Public Health Department inspector Rob Acquista explaining health and safety practices.
It all started with an email from Mary, a reporter at The Columbus Dispatch, the local newspaper in my town. "We are looking to have a health inspector examine a home kitchen the way they might a professional kitchen," she said. And she had immediately thought of me — not because I have a dirty kitchen, she hastened to add, but because I write about food and, she said, I seemed "like the kind of person who might be game for this."
Oh really? Let a health inspector run his gloved fingers over my kitchen? Was I brave enough? I couldn't turn down a dare, and a few weeks later two city health inspectors, a photographer, and a reporter showed up at my door. Here's what happened.

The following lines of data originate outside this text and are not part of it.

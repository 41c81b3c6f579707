//! What holds of every line.

ghost use Rattle.std.specs.Prelude.{◌≡◌, ◌<◌, ◌^◌, ℕ, Some, None, true, false, FitsSigned};
ghost use Rattle.std.specs.Int.{w64};
ghost use Rattle.pgoutput.specs.declared.messages.begin.Begin.{Begin};
ghost use Rattle.pgoutput.specs.declared.messages.commit.Commit.{Commit};
ghost use Rattle.pgoutput.specs.declared.messages.delete.Delete.{Delete};
ghost use Rattle.pgoutput.specs.declared.messages.insert.Insert.{Insert};
ghost use Rattle.pgoutput.specs.declared.messages.message.Message.{Message};
ghost use Rattle.pgoutput.specs.declared.messages.relation.Relation.{Relation};
ghost use Rattle.pgoutput.specs.declared.messages.update.Update.{Update};
ghost use Rattle.json.specs.Json.{document};
ghost use Rattle.message_lines.specs.Fronts.{Tells};
ghost use Rattle.message_lines.specs.Line.{line_of, text_of};
ghost use Rattle.message_lines.specs.Rows.{AreKinds};
ghost use Rattle.message_lines.specs.Changes.{delete_json, insert_json, truncate_json, update_json};
ghost use Rattle.message_lines.specs.Marks.{begin_json, commit_json, message_json, summary_json};
ghost use Rattle.message_lines.specs.Ending.{behind, end_of};

/// Each line is JSON, and whoever reads it finds what was written there, whatever bytes the names and values are.
pub fn lines_tell_what_was_written()
    ensures begin { (m : Begin) → m.xid < 2 ^ 32 → FitsSigned w64 m.time →
        document (text_of (begin_json m)) ≡ Some (begin_json m) }
    ensures commit { (m : Commit) → FitsSigned w64 m.time →
        document (text_of (commit_json m)) ≡ Some (commit_json m) }
    ensures message { (m : Message) → document (text_of (message_json m)) ≡ Some (message_json m) }
    ensures insert { (lsn : ℕ) (r : Relation) (m : Insert) → AreKinds r.columns →
        document (text_of (insert_json lsn r m)) ≡ Some (insert_json lsn r m) }
    ensures update { (lsn : ℕ) (r : Relation) (m : Update) → AreKinds r.columns →
        document (text_of (update_json lsn r m)) ≡ Some (update_json lsn r m) }
    ensures delete { (lsn : ℕ) (r : Relation) (m : Delete) → AreKinds r.columns →
        document (text_of (delete_json lsn r m)) ≡ Some (delete_json lsn r m) }
    ensures truncate { (lsn : ℕ) (r : Relation) →
        document (text_of (truncate_json lsn r)) ≡ Some (truncate_json lsn r) }
    ensures summary { (transactions changes position : ℕ) → transactions < 2 ^ 32 →
        changes < 2 ^ 64 →
        document (text_of (summary_json transactions changes position))
        ≡ Some (summary_json transactions changes position) }
{}

/// A Commit ends its transaction where it says, and a note is one by itself, whatever stands in it. No other line ends one.
pub fn lines_tell_where_they_end()
    ensures commit { (m : Commit) → m.end < 2 ^ 64 → FitsSigned w64 m.time →
        end_of (text_of (commit_json m)) ≡ Some m.end }
    ensures note { (m : Message) → m.is_transactional ≡ false → m.position < 2 ^ 64 →
        end_of (text_of (message_json m)) ≡ behind m.position }
    ensures message { (m : Message) → m.is_transactional ≡ true →
        end_of (text_of (message_json m)) ≡ None }
    ensures begin { (m : Begin) → m.xid < 2 ^ 32 → FitsSigned w64 m.time →
        end_of (text_of (begin_json m)) ≡ None }
    ensures insert { (lsn : ℕ) (r : Relation) (m : Insert) → AreKinds r.columns →
        end_of (text_of (insert_json lsn r m)) ≡ None }
    ensures update { (lsn : ℕ) (r : Relation) (m : Update) → AreKinds r.columns →
        end_of (text_of (update_json lsn r m)) ≡ None }
    ensures delete { (lsn : ℕ) (r : Relation) (m : Delete) → AreKinds r.columns →
        end_of (text_of (delete_json lsn r m)) ≡ None }
    ensures truncate { (lsn : ℕ) (r : Relation) → end_of (text_of (truncate_json lsn r)) ≡ None }
    ensures summary { (transactions changes position : ℕ) → transactions < 2 ^ 32 → changes < 2 ^ 64
        → end_of (text_of (summary_json transactions changes position)) ≡ None }
{}

/// What a line begins with tells whether it is the first of a transaction, a note or the last of all, which of them is a note, and
/// whether it is a change.
pub fn lines_begin_with_what_they_tell()
    ensures begin { (m : Begin) → Tells (line_of (begin_json m)) true false false }
    ensures commit { (m : Commit) → Tells (line_of (commit_json m)) false false false }
    ensures note { (m : Message) → m.is_transactional ≡ false →
        Tells (line_of (message_json m)) true true false }
    ensures message { (m : Message) → m.is_transactional ≡ true →
        Tells (line_of (message_json m)) false false false }
    ensures insert { (lsn : ℕ) (r : Relation) (m : Insert) →
        Tells (line_of (insert_json lsn r m)) false false true }
    ensures update { (lsn : ℕ) (r : Relation) (m : Update) →
        Tells (line_of (update_json lsn r m)) false false true }
    ensures delete { (lsn : ℕ) (r : Relation) (m : Delete) →
        Tells (line_of (delete_json lsn r m)) false false true }
    ensures truncate { (lsn : ℕ) (r : Relation) →
        Tells (line_of (truncate_json lsn r)) false false true }
    ensures summary { (transactions changes position : ℕ) →
        Tells (line_of (summary_json transactions changes position)) true false false }
{}
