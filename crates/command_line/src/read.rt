// The reading of a command line.
ghost use Rattle.std.specs.Prelude.{◌≡◌, IfOk, IfSome, map, option_map, string_bytes};
ghost use Rattle.command_line.specs.Forms.{form};
ghost use Rattle.command_line.specs.Views.{IsInRange, request_of};

use crate::Command;
use crate::forms::request;
use crate::parse::parse;
use std::alloc::Global;
use tuple_edge::OutOfMemory;

/// What the words after the program's name ask for. None where they have no form.
#[tactic(auto, unfolding(crate::specs::Forms::form))]
pub fn read_words<'a>(
    alloc: Global,
    words: &'a [String],
) -> Result<Option<Command<'a>>, OutOfMemory>
    ensures form { IfOk result (λ command. option_map request_of command ≡ form (map string_bytes words.now)) }
    ensures within { IfOk result (λ command. IfSome command IsInRange) }
{
    let Some((command, rest)) = words.split_first() else {
        return Ok(None);
    };
    match parse(alloc, rest)? {
        None => Ok(None),
        Some(parts) => Ok(request(command.as_str(), &parts)),
    }
}
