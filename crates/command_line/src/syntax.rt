// All that commands take, as a command of `clap`.
ghost use Rattle.std.specs.Prelude.{◌≡◌, IfOk, false};
ghost use Rattle.clap.specs.Words.{app_of, rule_of};
ghost use Rattle.command_line.specs.Syntax.{option, syntax};

use clap::{Arg, Command};
use std::alloc::{AllocError, Global};

// An option with a value.
fn option<'a>(alloc: Global, name: &'a str) -> Arg<'a>
    ensures rule { rule_of result ≡ option name.entry.now }
    ensures local { result.global ≡ false }
{
    Arg::new(alloc, name).long(name)
}

/// Up to three positional words, and each option of any command. Which of them a command takes is decided
/// where they are known.
pub(crate) fn syntax<'a>(alloc: Global) -> Result<Command<'a>, AllocError>
    ensures { IfOk result (λ command. app_of command ≡ syntax) }
{
    Command::new(alloc, "flux")
        .no_binary_name(true)
        .disable_help_flag(true)
        .arg(Arg::new(alloc, "first"))?
        .arg(Arg::new(alloc, "second"))?
        .arg(Arg::new(alloc, "third"))?
        .arg(option(alloc, "cash"))?
        .arg(option(alloc, "script"))?
        .arg(option(alloc, "threads"))?
        .arg(option(alloc, "turns"))?
        .arg(option(alloc, "journal"))
}
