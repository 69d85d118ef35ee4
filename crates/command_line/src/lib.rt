//! The words of a command line: what they ask for, if they have a form.
//!
//! It promises that `read_words` gives exactly the command that the words' form says, with its names,
//! numbers and defaults, or that they have none. `clap` splits the words into positional words and
//! options; the definition of the forms knows nothing of it.
#![tactic(auto)]

mod command;
mod forms;
mod numbers;
mod parse;
mod parts;
mod read;
mod syntax;
mod word;

pub use command::{Command, RunOptions};
pub use forms::{DEFAULT_THREADS, DEFAULT_TURNS, MAX_TURNS, MIN_THREADS};
pub use numbers::{number_or, number_within};
pub use read::read_words;
pub use word::{behind_dashes, is_plain};
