// Numbers of a command line.
ghost use Rattle.std.specs.Prelude.{◌≡◌, ◌≤◌, IfSome};
ghost use Rattle.command_line.specs.Forms.{number_or, number_within};
ghost use Rattle.command_line.specs.Views.{text_in};

use text_words::number_of;

/// The most digits of a number.
const MAX_DIGITS: usize = 10;

/// The number that a word says, where it is in this range.
pub fn number_within(least: u32, most: u32, word: &str) -> Option<u32>
    ensures number { result ≡ number_within least most word.now }
    ensures within { IfSome result (λ n. (least ≤ n) × (n ≤ most)) }
{
    if word.len() > MAX_DIGITS {
        return None;
    }
    match number_of(word.as_bytes()) {
        None => None,
        Some(number) => {
            if u64::from(least) <= number && number <= u64::from(most) {
                Some(number as u32)
            } else {
                None
            }
        }
    }
}

/// The number of an option, or what holds without the option.
pub fn number_or(default: u32, least: u32, most: u32, word: Option<&str>) -> Option<u32>
    requires { (least ≤ default) × (default ≤ most) }
    ensures number { result ≡ number_or default least most (text_in word.entry) }
    ensures within { IfSome result (λ n. (least ≤ n) × (n ≤ most)) }
{
    match word {
        None => Some(default),
        Some(word) => number_within(least, most, word),
    }
}
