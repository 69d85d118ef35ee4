// The words of a command line, each by its name.

/// The positional words in order, and the values of the options. What isn't given is none.
#[derive(Clone, Copy)]
pub(crate) struct Parts<'a> {
    pub(crate) first: Option<&'a str>,
    pub(crate) second: Option<&'a str>,
    pub(crate) third: Option<&'a str>,
    pub(crate) cash: Option<&'a str>,
    pub(crate) script: Option<&'a str>,
    pub(crate) threads: Option<&'a str>,
    pub(crate) turns: Option<&'a str>,
    pub(crate) journal: Option<&'a str>,
}
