// The form of each command.
ghost use Rattle.std.specs.Prelude.{◌≡◌, ◌≤◌, IfSome, option_map};
ghost use Rattle.command_line.specs.Forms.{eval_form, has_cash_alone, has_no_option, made_of, make_form, max_count, max_start, move_form, options_of, replay_form, request, run_form, three_of, trial_form, trio_form, two_of};
ghost use Rattle.command_line.specs.Views.{AreInRange, IsInRange, options_in, parts_of, request_of};

use crate::numbers::{number_or, number_within};
use crate::parts::Parts;
use crate::{Command, RunOptions};
use tuple_edge::MAX_THREADS;

/// How many threads there are at least.
pub const MIN_THREADS: u32 = 1;

/// How many threads there are where the option isn't given.
pub const DEFAULT_THREADS: u32 = 4;

/// How many turns each thread does at most.
pub const MAX_TURNS: u32 = 10_000_000;

/// How many turns that are where the option isn't given.
pub const DEFAULT_TURNS: u32 = 200_000;

/// The greatest number from which trades are made.
const MAX_START: u32 = 2_147_483_647;

/// The most trades that are made.
const MAX_COUNT: u32 = 100_000;

// The positional words, where there are exactly two.
fn two_of<'a>(parts: &Parts<'a>) -> Option<(&'a str, &'a str)>
    ensures { option_map (λ words. (words.0.now, words.1.now)) result ≡ two_of (parts_of parts.now) }
{
    match (parts.first, parts.second, parts.third) {
        (Some(first), Some(second), None) => Some((first, second)),
        _ => None,
    }
}

// The positional words, where there are exactly three.
fn three_of<'a>(parts: &Parts<'a>) -> Option<(&'a str, &'a str, &'a str)>
    ensures { option_map (λ words. (words.0.now, words.1.now, words.2.now)) result ≡ three_of (parts_of parts.now) }
{
    match (parts.first, parts.second, parts.third) {
        (Some(first), Some(second), Some(third)) => Some((first, second, third)),
        _ => None,
    }
}

// Whether no option is given but `--cash`, which may be.
fn has_cash_alone(parts: &Parts<'_>) -> bool
    ensures { result ≡ has_cash_alone (parts_of parts.now) }
{
    parts.script.is_none()
        && parts.threads.is_none()
        && parts.turns.is_none()
        && parts.journal.is_none()
}

// Whether no option is given.
fn has_no_option(parts: &Parts<'_>) -> bool
    ensures { result ≡ has_no_option (parts_of parts.now) }
{
    parts.cash.is_none() && has_cash_alone(parts)
}

// What the options say, where their numbers are in range.
fn options_of<'a>(parts: &Parts<'a>) -> Option<RunOptions<'a>>
    ensures options { option_map options_in result ≡ options_of (parts_of parts.now) }
    ensures within { IfSome result AreInRange }
{
    let threads = number_or(DEFAULT_THREADS, MIN_THREADS, MAX_THREADS, parts.threads)?;
    let turns = number_or(DEFAULT_TURNS, 0, MAX_TURNS, parts.turns)?;
    Some(RunOptions {
        cash: parts.cash,
        script: parts.script,
        threads,
        turns,
        journal: parts.journal,
    })
}

// The numbers from which trades are made.
fn made_of(start: &str, count: &str) -> Option<(u32, u32)>
    ensures numbers { result ≡ made_of start.now count.now }
    ensures within { IfSome result (λ made. (made.0 ≤ max_start) × (made.1 ≤ max_count)) }
{
    let start = number_within(0, MAX_START, start)?;
    let count = number_within(0, MAX_COUNT, count)?;
    Some((start, count))
}

#[tactic(auto, unfolding(crate::specs::Forms::eval_form))]
fn eval_of<'a>(parts: &Parts<'a>) -> Option<Command<'a>>
    ensures form { option_map request_of result ≡ eval_form (parts_of parts.now) }
    ensures within { IfSome result IsInRange }
{
    if !has_cash_alone(parts) {
        return None;
    }
    let (plan, trades) = two_of(parts)?;
    let cash = parts.cash;
    Some(Command::Eval { plan, trades, cash })
}

#[tactic(auto, unfolding(crate::specs::Forms::run_form))]
fn run_of<'a>(parts: &Parts<'a>) -> Option<Command<'a>>
    ensures form { option_map request_of result ≡ run_form (parts_of parts.now) }
    ensures within { IfSome result IsInRange }
{
    let (plan, trades) = two_of(parts)?;
    let options = options_of(parts)?;
    Some(Command::Run {
        plan,
        trades,
        options,
    })
}

#[tactic(auto, unfolding(crate::specs::Forms::replay_form))]
fn replay_of<'a>(parts: &Parts<'a>) -> Option<Command<'a>>
    ensures form { option_map request_of result ≡ replay_form (parts_of parts.now) }
    ensures within { IfSome result IsInRange }
{
    if !has_cash_alone(parts) {
        return None;
    }
    let (plan, trades, events) = three_of(parts)?;
    let cash = parts.cash;
    Some(Command::Replay {
        plan,
        trades,
        events,
        cash,
    })
}

#[tactic(auto, unfolding(crate::specs::Forms::make_form))]
fn make_of<'a>(parts: &Parts<'a>) -> Option<Command<'a>>
    ensures form { option_map request_of result ≡ make_form (parts_of parts.now) }
    ensures within { IfSome result IsInRange }
{
    if !has_no_option(parts) {
        return None;
    }
    let (start, count) = two_of(parts)?;
    let (start, count) = made_of(start, count)?;
    Some(Command::Make { start, count })
}

#[tactic(auto, unfolding(crate::specs::Forms::trial_form))]
fn trial_of<'a>(parts: &Parts<'a>) -> Option<Command<'a>>
    ensures form { option_map request_of result ≡ trial_form (parts_of parts.now) }
    ensures within { IfSome result IsInRange }
{
    let (plan, start, count) = three_of(parts)?;
    let (start, count) = made_of(start, count)?;
    let options = options_of(parts)?;
    Some(Command::Trial {
        plan,
        start,
        count,
        options,
    })
}

#[tactic(auto, unfolding(crate::specs::Forms::move_form))]
fn move_of<'a>(parts: &Parts<'a>) -> Option<Command<'a>>
    ensures form { option_map request_of result ≡ move_form (parts_of parts.now) }
    ensures within { IfSome result IsInRange }
{
    if !has_no_option(parts) {
        return None;
    }
    let (plan, trades, moves) = three_of(parts)?;
    Some(Command::Move {
        plan,
        trades,
        moves,
    })
}

#[tactic(auto, unfolding(crate::specs::Forms::trio_form))]
fn trio_of<'a>(parts: &Parts<'a>) -> Option<Command<'a>>
    ensures form { option_map request_of result ≡ trio_form (parts_of parts.now) }
    ensures within { IfSome result IsInRange }
{
    if !has_no_option(parts) {
        return None;
    }
    let (plan, trades, events) = three_of(parts)?;
    Some(Command::Trio {
        plan,
        trades,
        events,
    })
}

/// What a command of this name asks for with these parts.
#[tactic(auto, unfolding(crate::specs::Forms::request))]
pub(crate) fn request<'a>(command: &str, parts: &Parts<'a>) -> Option<Command<'a>>
    ensures form { option_map request_of result ≡ request command.now (parts_of parts.now) }
    ensures within { IfSome result IsInRange }
{
    match command {
        "eval" => eval_of(parts),
        "run" => run_of(parts),
        "replay" => replay_of(parts),
        "make" => make_of(parts),
        "trial" => trial_of(parts),
        "move" => move_of(parts),
        "trio" => trio_of(parts),
        _ => None,
    }
}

As you might imagine, I scrubbed my kitchen that morning. I swept the floor, cleaned the sink, and threw out anything suspicious in the refrigerator. I like clean surfaces in my kitchen, but let's be honest — the floor is usually a little grimy and there's often something sticky in the back of the fridge. I cook all the time; it's hard to keep the kitchen pristine.
Just as I was getting ready to clean out the sink, Mary showed up with Rob Acquista, a genial and talkative inspector from the Public Health Department, and I took a deep breath.
I am not quite sure what I expected. I knew that there were many things that my kitchen wouldn't have that are required in restaurant kitchens, like a separate sink for handwashing and a bucket full of rags in sanitary solution. And indeed, Rob hardly mentioned details like these.
We talked through meat storage (keeping meat away from other foods in the fridge — even dedicating a drawer just to meat). Then we moved on to food storage at room temperature. Did you know, for instance, that it's not a good idea to leave cooked rice at room temperature? Rice can grow a toxin called Bacillus cereus which can make you very sick, and it's not destroyed by reheating. It's best to immediately store cooked rice in the refrigerator.
As Rob moved through my kitchen, asking questions and looking at how I cook, I got the clear sense that a real health and safety inspection is much less about the surfaces or even the amount of dirt on the floor. It's far more about how you handle food.
Frequent handwashing, proper food storage, and getting cooked food to a safe temperature in the right amount of time are three of the most important health practices in the kitchen.
3 Takeaways from My Kitchen Inspection
Here are three more things I learned in my chat with Rob and the rest of the team. Do any of these surprise you?
- The real rules for getting food into a safe temperature zone are not as difficult as I thought they were. This is one thing that I am usually quite careful about in cooking — getting food into a cooler environment after cooking. But I learned, to my pleasant surprise, that the safety rules for this are actually less demanding than I thought. Rob said that the official recommendation is to cool food from 135°F (or over) to 70°F within two hours. You can use ice baths or ice paddles — anything to cool that food quickly. But after that you have four more hours for the food to cool to the final 41°F or less. That first temperature zone, from 135°F to 70°F, is where the primary amount of bacteria growth happens; it's the danger zone.
I had thought I had just a couple hours to get food all the way down to 41°F, and I often stressed if I found soup still lukewarm in the fridge a few hours after cooking. But these rules are actually more relaxed and yet linked to good data about what actually causes infection or sickness.
- Don't leave cut fruits and vegetables at room temperature. As soon as a fruit has been cut open, Rob explained, its integrity has been breached and it can breed germs and toxins. This is a pretty extreme rule for those of us who leave plum halves or slices of peach lingering on the windowsill for eating later. But it's not fearmongering; some of the worst outbreaks of food poisoning have been traced back to melon or other fruit in salad bars, sitting at room temperature. It's a prudent practice to put cut fruit and vegetables in the refrigerator.
- Use rags or dishcloths instead of sponges. This, along with the refrigerator thermometer, is one of the few kitchen setup (as opposed to food handling) tips that I took away from the inspection. Rob practically shuddered when he saw the dishwashing sponge in my sink. He picked it up between two fingers and said that he sees sponges as bacteria breeding grounds; germs just get into those little holes and camp out. He stopped short of saying that I should throw out all my sponges, but he does prefer to use rags and launder them frequently.
In the end, I think I came out of my kitchen inspection pretty well; no one checked my windowsills for dust or mentioned the water rings on the table. Instead, it was a fascinating discussion of what matters in kitchen health and safety, and which things a home cook should actually be concerned about.
Read the full article → Could your kitchen pass inspection? by Mary Nguyen at The Columbus Dispatch
Are any of those notes surprises to you? I consider myself a fairly clean cook, and yet I am not really a germ-phobe; I try to concentrate on the truly major points of staying healthy in the kitchen, while not getting paranoid about every little thing. The inspection reinforced the things I prioritize while also making me a little more attentive to other details.
What are the major points of kitchen health and safety for you? What are you especially careful about?